There may be palpable frustration in major cities across Nigeria as long queues for Premium Motor Spirit, popularly called petrol, are beginning to resurface at filling stations in Lagos, Ogun states, and in few other locations in South-Western states.
It was learnt that depots in Lagos were gradually running dry of petrol.
A survey done by PUNCH across major towns and cities in Nigeria revealed that queues were sighted at many stations, particularly those on the Oshodi-Ojodu Berger Expressway and some sections of the Lagos-Ibadan Expressway, as vehicles that waited to purchase petrol stretched into the expressway, slowing down movement on the service lane.
North-West filling station had the longest queue, as it dispensed petrol at N568/litre. Others such as Eterna – N568/litre; NNPCL – N568/litre; TotalEnergies – N570/litre; and Mobil – N570/litre had shorter queues.
Conoil, Enyo and Oando at Berger in Lagos, had no product to dispense.
According to the report, while some of TotalEnergies stations were seen dispensing, a branch of the station located on the Berger axis was locked. While few others such as Worldoil, Fatgbems and Quest in Ogun State shut their outlets.
However, the Chairman, Independent Petroleum Marketers Association of Nigeria, Satellite Depot, Akin Akinrinade, told PUNCH that the depot had not loaded products in the last three weeks, stressing that even the NNPCL Retail depot is currently operating skeletal dispatching of products.

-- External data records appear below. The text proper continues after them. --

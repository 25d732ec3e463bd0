// A page of a number in use is copied to the next page that was not tried.
ghost use Rattle.std.specs.Prelude.{◌≡◌, ◌+◌, ◌/◌, ◌≤◌, ℕ, Some, false, true};
ghost use Rattle.nl_field.specs.CrashStates.{saturated};
ghost use Rattle.nl_field.specs.Page.{page_at};
ghost use Rattle.nl_iface.specs.Calls.{CallCounted};
ghost use Rattle.nl_pagemap.specs.Cleaning.{CopiesFrom, IsFull, KeepsNumbers};
ghost use Rattle.nl_pagemap.specs.Mapped.{seen, untried_in};
ghost use Rattle.nl_pagemap.specs.Stands.{IsMapped};
ghost use Rattle.nl_pagemap_names.specs.Table.{entry_at, live_at};
ghost use Rattle.nl_pagemap_names.specs.Untried.{is_in};
ghost use Rattle.nl_pseg_pages.specs.Pages.{main_of};

use crate::pagemap::Pagemap;
use nl_field::NamedRead;
use nl_iface::Counts;
use nl_nand::{Nand, WriteAnswer};
use nl_pagemap_names::Entry;
use nl_pseg_pages::read_page;

impl<M: Nand> Pagemap<M> {
    /// Copies the page of a number in use where it is in this block. False where that failed.
    pub(crate) fn move_off(&mut self, number: u32, block: u32) -> bool
        requires formed { IsMapped M.tells (M.geometry self.old.media) (seen M.contents self.old) }
        requires full { IsFull (seen M.contents self.old) block }
        ensures formed { IsMapped M.tells (M.geometry self.new.media) (seen M.contents self.new) }
        ensures kept { KeepsNumbers M.tells (seen M.contents self.old) (seen M.contents self.new) }
        ensures full { IsFull (seen M.contents self.new) block }
        ensures off { result ≡ true → is_in self.new.shape.pages block (live_at self.new.table number) ≡ false }
        ensures others { (n : ℕ) → (n ≡ number → ⊥) → live_at self.new.table n ≡ live_at self.old.table n }
        ensures copied { result ≡ true → CopiesFrom block (seen M.contents self.old) (seen M.contents self.new) }
        ensures spent { untried_in (seen M.contents self.new) ≤ untried_in (seen M.contents self.old) }
        ensures clock { M.clock self.old.media ≤ M.clock self.new.media }
        ensures counted { CallCounted ⟦<Pagemap<M> as Counts>⟧ (result ≡ false) self.old self.new }
    {
        match self.table.get(number) {
            Some(entry) if entry.page / self.shape.pages == block => {
                self.copy_page(number, entry, block)
            }
            _ => true,
        }
    }

    /// Copies the page of a number in use that is in this block. False where that failed.
    fn copy_page(&mut self, number: u32, entry: Entry, block: u32) -> bool
        requires formed { IsMapped M.tells (M.geometry self.old.media) (seen M.contents self.old) }
        requires full { IsFull (seen M.contents self.old) block }
        requires live { live_at self.old.table number ≡ Some entry }
        requires here { entry.page / self.old.shape.pages ≡ block }
        ensures formed { IsMapped M.tells (M.geometry self.new.media) (seen M.contents self.new) }
        ensures kept { KeepsNumbers M.tells (seen M.contents self.old) (seen M.contents self.new) }
        ensures full { IsFull (seen M.contents self.new) block }
        ensures off { result ≡ true → is_in self.new.shape.pages block (live_at self.new.table number) ≡ false }
        ensures others { (n : ℕ) → (n ≡ number → ⊥) → live_at self.new.table n ≡ live_at self.old.table n }
        ensures copied { result ≡ true → CopiesFrom block (seen M.contents self.old) (seen M.contents self.new) }
        ensures spent { untried_in (seen M.contents self.new) ≤ untried_in (seen M.contents self.old) }
        ensures clock { M.clock self.old.media ≤ M.clock self.new.media }
        ensures counted { CallCounted ⟦<Pagemap<M> as Counts>⟧ (result ≡ false) self.old self.new }
    {
        if !self.read_entry(number, entry) {
            return false;
        }
        let Some(to) = self.open_block() else {
            self.refuse();
            return false;
        };
        let page = self.next_page(to);
        let tag = entry.tag;
        let stamp = entry.stamp;
        match self.try_page(to, tag, stamp) {
            WriteAnswer::Failed => false,
            WriteAnswer::Done => {
                self.table.give(number, Entry { page, tag, stamp });
                true
            }
        }
    }

    /// Reads the page of a number into the device's buffer. False where that failed, or the page holds another one: that counts as a
    /// write that failed.
    fn read_entry(&mut self, number: u32, entry: Entry) -> bool
        requires formed { IsMapped M.tells (M.geometry self.old.media) (seen M.contents self.old) }
        requires entry { entry_at self.old.table number ≡ Some entry }
        ensures same { seen M.contents self.new ≡ seen M.contents self.old }
        ensures geometry { M.geometry self.new.media ≡ M.geometry self.old.media }
        ensures bytes { M.tells → result ≡ true → self.new.buf.main ≡ main_of (page_at (M.contents self.old.media) entry.page) }
        ensures clock { M.clock self.new.media ≡ M.clock self.old.media }
        ensures counted { CallCounted ⟦<Pagemap<M> as Counts>⟧ (result ≡ false) self.old self.new }
    {
        let _ = number;
        let media = &mut self.media;
        match read_page(media, entry.page, entry.tag, entry.stamp, &mut self.buf) {
            NamedRead::Done => true,
            NamedRead::Fault => false,
            NamedRead::NotLive | NamedRead::Lost { .. } => {
                self.refuse();
                false
            }
        }
    }

    /// Counts a call that is refused as a write that failed.
    fn refuse(&mut self)
        ensures { self.new ≡ record self.old { refused = saturated (self.old.refused + 1) } }
    {
        self.refused = self.refused.saturating_add(1);
    }
}
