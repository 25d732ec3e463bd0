// How a page is programmed under a new number, and how a number is taken out of use.
ghost use Rattle.std.specs.Prelude.{◌≡◌, ◌<◌, ◌≤◌, ◌^◌, IfNone, IfSome, IsTrue, Some, false};
ghost use Rattle.nl_field.specs.Page.{page_at, written};
ghost use Rattle.nl_field.specs.Spelling.{is_stamp};
ghost use Rattle.nl_iface.specs.Names.{leads};
ghost use Rattle.nl_nand.specs.Nand.{OperationCounted};
ghost use Rattle.nl_pagemap.specs.Mapped.{names_of, seen, untried_in};
ghost use Rattle.nl_pagemap.specs.Placing.{ChangesNext, HasNext, IsNewPointer, next_of, spent, spent_stamp};
ghost use Rattle.nl_pagemap.specs.Stands.{IsMapped};
ghost use Rattle.nl_pagemap_names.specs.Table.{live_at};
ghost use Rattle.nl_pseg_pages.specs.Pages.{page_with, shown_by};

use crate::pagemap::Pagemap;
use nl_field::{PageBuf, Pointer, Tag};
use nl_nand::{Nand, WriteAnswer};
use nl_pagemap_names::Entry;
use nl_pseg_pages::program_page;

impl<M: Nand> Pagemap<M> {
    /// The pointer of the next page that is written: the least number that is not in use, and the next stamp.
    pub(crate) fn new_pointer(&self) -> Pointer
        requires formed { IsMapped M.tells (M.geometry self.now.media) (seen M.contents self.now) }
        requires room { 0 < self.now.room }
        ensures { IsNewPointer (seen M.contents self.now) result }
    {
        match self.table.first_free() {
            Some(name) => Pointer {
                name,
                stamp: self.next,
            },
            None => unreachable!(),
        }
    }

    /// Whether the pointer leads to a page of its stamp that is in use.
    pub(crate) fn leads(&self, at: Pointer) -> bool
        ensures { result ≡ leads (names_of (seen M.contents self.now)) at }
    {
        match self.table.get(at.name) {
            Some(entry) => entry.stamp == at.stamp,
            None => false,
        }
    }

    /// The entry to which the pointer leads.
    pub(crate) fn entry_of(&self, at: Pointer) -> Option<Entry>
        ensures some { IfSome result (λ e. (live_at self.now.table at.name ≡ Some e) × (e.stamp ≡ at.stamp)) }
        ensures none { IfNone result (leads (names_of (seen M.contents self.now)) at ≡ false) }
    {
        match self.table.get(at.name) {
            Some(entry) if entry.stamp == at.stamp => Some(entry),
            _ => None,
        }
    }

    /// A block of the physical segment of which a page was not tried. None exactly where there is none.
    pub(crate) fn open_block(&self) -> Option<u32>
        requires formed { IsMapped M.tells (M.geometry self.now.media) (seen M.contents self.now) }
        ensures some { IfSome result (HasNext (seen M.contents self.now)) }
        ensures none { IfNone result (untried_in (seen M.contents self.now) ≡ 0) }
    {
        match self.untried.next_block() {
            Some(block) => Some(self.shape.vblocks + block),
            None => None,
        }
    }

    /// The block of which the next page is programmed.
    pub(crate) fn next_block(&self) -> u32
        requires formed { IsMapped M.tells (M.geometry self.now.media) (seen M.contents self.now) }
        requires room { 0 < self.now.room }
        ensures { HasNext (seen M.contents self.now) result }
    {
        match self.open_block() {
            Some(block) => block,
            None => unreachable!(),
        }
    }

    /// The next page of a block.
    pub(crate) fn next_page(&self, block: u32) -> u32
        requires formed { IsMapped M.tells (M.geometry self.now.media) (seen M.contents self.now) }
        requires next { HasNext (seen M.contents self.now) block }
        ensures { result ≡ next_of (seen M.contents self.now) block }
    {
        let end = block * self.shape.pages + self.shape.pages;
        end - self.untried.count(block - self.shape.vblocks)
    }

    /// Programs the next page of a block for this owner, under this stamp, with the bytes of the device's buffer. The page is spent, also
    /// where the program fails.
    pub(crate) fn try_page(&mut self, block: u32, tag: Tag, stamp: u64) -> WriteAnswer
        requires formed { IsMapped M.tells (M.geometry self.old.media) (seen M.contents self.old) }
        requires next { HasNext (seen M.contents self.old) block }
        requires spelled { IsTrue (is_stamp stamp) }
        ensures spends { seen M.contents self.new ≡ spent block (M.contents self.new.media) (seen M.contents self.old) }
        ensures others { ChangesNext M.tells block (seen M.contents self.old) (M.contents self.new.media) }
        ensures refused { self.new.refused ≡ self.old.refused }
        ensures programmed { M.tells → result ≡ WriteAnswer.Done
            → page_at (M.contents self.new.media) (next_of (seen M.contents self.old) block)
            ≡ written (page_with self.old.buf.main tag stamp 0) }
        ensures shows { shown_by (written (page_with self.old.buf.main tag stamp 0)) ≡ Some (tag, stamp, self.old.buf.main) }
        ensures later { M.clock self.old.media ≤ M.clock self.new.media }
        ensures counted { OperationCounted M.geometry M.clock M.read_faults M.write_faults self.old.media self.new.media result }
    {
        let page = self.next_page(block);
        let answer = program_page(&mut self.media, page, &mut self.buf, tag, stamp, 0);
        self.untried.spend(block - self.shape.vblocks);
        self.room = self.room.saturating_sub(1);
        self.free = 1 + self.room / self.shape.pages;
        answer
    }

    /// Programs the next page of a block for this owner, under the next stamp. Both are spent, also where the program fails.
    pub(crate) fn program(&mut self, block: u32, tag: Tag, from: &PageBuf) -> WriteAnswer
        requires formed { IsMapped M.tells (M.geometry self.old.media) (seen M.contents self.old) }
        requires next { HasNext (seen M.contents self.old) block }
        requires stamp { self.old.next < 2 ^ 63 }
        ensures spends { seen M.contents self.new ≡ spent_stamp block (M.contents self.new.media) (seen M.contents self.old) }
        ensures others { ChangesNext M.tells block (seen M.contents self.old) (M.contents self.new.media) }
        ensures refused { self.new.refused ≡ self.old.refused }
        ensures programmed { M.tells → result ≡ WriteAnswer.Done
            → page_at (M.contents self.new.media) (next_of (seen M.contents self.old) block)
            ≡ written (page_with from.now.main tag self.old.next 0) }
        ensures shows { shown_by (written (page_with from.now.main tag self.old.next 0)) ≡ Some (tag, self.old.next, from.now.main) }
        ensures later { M.clock self.old.media ≤ M.clock self.new.media }
        ensures counted { OperationCounted M.geometry M.clock M.read_faults M.write_faults self.old.media self.new.media result }
    {
        self.buf.copy_from(from);
        let answer = self.try_page(block, tag, self.next);
        self.next += 1;
        answer
    }
}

He said; “From our end, the issue has been with the pipeline vandalism which we raised an alarm over since July. Satellite depot has not loaded any product in the last three weeks, and whenever there is a problem here, it is going to affect Lagos and the whole of South-West.
“Although I don’t know what has been happening in other depots, from what we gathered yesterday, even NNPC Retail has been operating skeletal product dispatching. The NNPC Retail loaded just three to four trucks to Ikoyi on Monday. No product was dispatched to other places. I don’t know about other depots,” he added.